What individuals in the UK can do today
- Reduce easy correlations – review your public profiles, tagged photos, and old groups/events. Ask close contacts to limit public tags.
- Electoral register – opt out of the open register to reduce resale of your details.
- Companies House – if you’re a director, use a service address and review ways to protect personal information.
- Property – sign up to HM Land Registry Property Alert to monitor changes against your address.
- Breach hygiene – check Have I Been Pwned, rotate reused passwords, enable MFA everywhere, and consider a password manager.

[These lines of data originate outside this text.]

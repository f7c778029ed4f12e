// A resource as the 26s that it takes of its segment, 36 bits, and the pairs of such masks that meet. No subcarrier is walked: two resources
// that share a subcarrier share one of these.
#![tactic(auto)]

ghost use Rattle.std.specs.Prelude.{◌≡◌, ◌+◌, ◌*◌, ◌≤◌, ◌<◌, length, take};
ghost use Rattle.answer.specs.Lists.{at};
ghost use Rattle.answer.specs.Tally.{tally};
ghost use Rattle.masks.specs.Engine.{mask_of, meet, apart_to, hit, pairs_to};

// The 26s that the resource of a value takes.
pub fn mask_of(v: u16) -> u64
    ensures { result ≡ mask_of v }
{
    match v {
        0..=17 => 1 << v,
        18..=36 => 1 << (v - 1),
        37..=52 => 3 << (9 * ((v - 37) / 4) + 2 * ((v - 37) % 4) + (v - 37) % 4 / 2),
        53..=60 => 15 << (9 * ((v - 53) / 2) + 5 * ((v - 53) % 2)),
        61..=64 => 511 << (9 * (v - 61)),
        65..=66 => 262143 << (18 * (v - 65)),
        67..=81 => 68719476735,
        82..=89 => 31 << (9 * ((v - 82) / 2) + 4 * ((v - 82) % 2)),
        90..=93 => 68719476735 - (511 << (9 * (v - 90))),
        _ => 0,
    }
}

// Two that are not the same and have a 26 in common.
fn is_meeting(a: u64, b: u64) -> bool
    ensures { result ≡ meet a b }
{
    (a != b) & (a & b != 0)
}

// Whether each of the first n takes only 26s that none before it takes. Most lists are so, and then no two "share a subcarrier" (02, T-02),
// which one walk of at most 32 masks shows instead of 496 pairs. A group is not so: its list has its pairs looked at.
pub fn all_apart(masks: &[u64; 32], n: usize) -> bool
    requires { n ≤ 32 }
    ensures { result ≡ apart_to (at masks.now) n }
{
    let mut apart = true;
    let mut seen = 0;
    for i in 0..n {
        let m = masks[i];
        apart = apart & (seen & m == 0);
        seen = seen | m;
    }
    apart
}

// ---- the pairs whose masks meet, among the first n: pair 32 i + j is entries i and j

// Those of which entry i is the earlier, found past the ones before, which end at byte `to`; where they end. "earlier entry first, pairs in
// rising order" (02, T-02). Each pair is stored, and the next one over it where it does not meet: no branch is there to be guessed wrong.
fn find_row(found: &mut [u8; 1024], to: usize, masks: &[u64; 32], n: usize, i: usize) -> usize
    requires { (i < n) × (n ≤ 32) × (to ≡ 2 * tally (hit (at masks.now) n) (32 * i))
        × (length found.old ≡ 1024) × (take to found.old ≡ pairs_to (at masks.now) n (32 * i)) }
    ensures value { result ≡ 2 * tally (hit (at masks.now) n) (32 * (i + 1)) }
    ensures found_after { take result found.new ≡ pairs_to (at masks.now) n (32 * (i + 1)) }
    ensures found_len { length found.new ≡ 1024 }
{
    let a = masks[i];
    let mut end = to;
    for j in i + 1..n {
        found[end] = (i + 1) as u8;
        found[end + 1] = (j + 1) as u8;
        end += 2 * usize::from(is_meeting(a, masks[j]));
    }
    end
}

// All of them; where they end.
pub fn find_pairs(found: &mut [u8; 1024], masks: &[u64; 32], n: usize) -> usize
    requires { (n ≤ 32) × (length found.old ≡ 1024) }
    ensures value { result ≡ 2 * tally (hit (at masks.now) n) (32 * n) }
    ensures found_after { take result found.new ≡ pairs_to (at masks.now) n (32 * n) }
    ensures found_len { length found.new ≡ 1024 }
{
    let mut end = 0;
    for i in 0..n {
        end = find_row(found, end, masks, n, i);
    }
    end
}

- Be sceptical of “you-sounding” messages – voice notes and in-style texts can be synthesised. Validate via a second channel for anything sensitive.
A balanced take: power, risk, and responsible use
OSINT is not inherently malicious. Investigative journalists, due diligence teams, threat intel analysts, and safeguarding professionals use similar techniques lawfully and ethically, often to protect people. The concern here is scale and autonomy: cheap agents coordinating dozens of tools at once, persisting every finding, and improving over time – all without human sense-checking.
If you’re exploring automations, start with low-risk workflows, keep them isolated, and think hard about permissions. For example, simple reporting or spreadsheet pipelines are far less risky than giving an agent unfettered access to your browser and filesystem. If you are new to safe automation, my guide on connecting ChatGPT to Google Sheets shows how to ship value without handing over the keys to your kingdom.
Should the author post a demo video?
Transparency helps the community learn, but it cuts both ways. If shared, it should be a red-teaming demo with strict guardrails, synthetic data, and clear ethical boundaries – not a recipe that lowers the bar for abuse. Coordinated disclosure to security teams and researchers is more valuable than viral shock.
Final thought
The uncomfortable truth is that nothing “magical” is happening here. It’s just software doing what software does best: correlating lots of small, public fragments into a coherent story. In the UK, our regulatory environment gives individuals and organisations rights and obligations, but technical reality moves fast. Treat agents like power tools: incredibly productive in the right hands, dangerous in the wrong context, and not something you run unguarded next to your most valuable assets.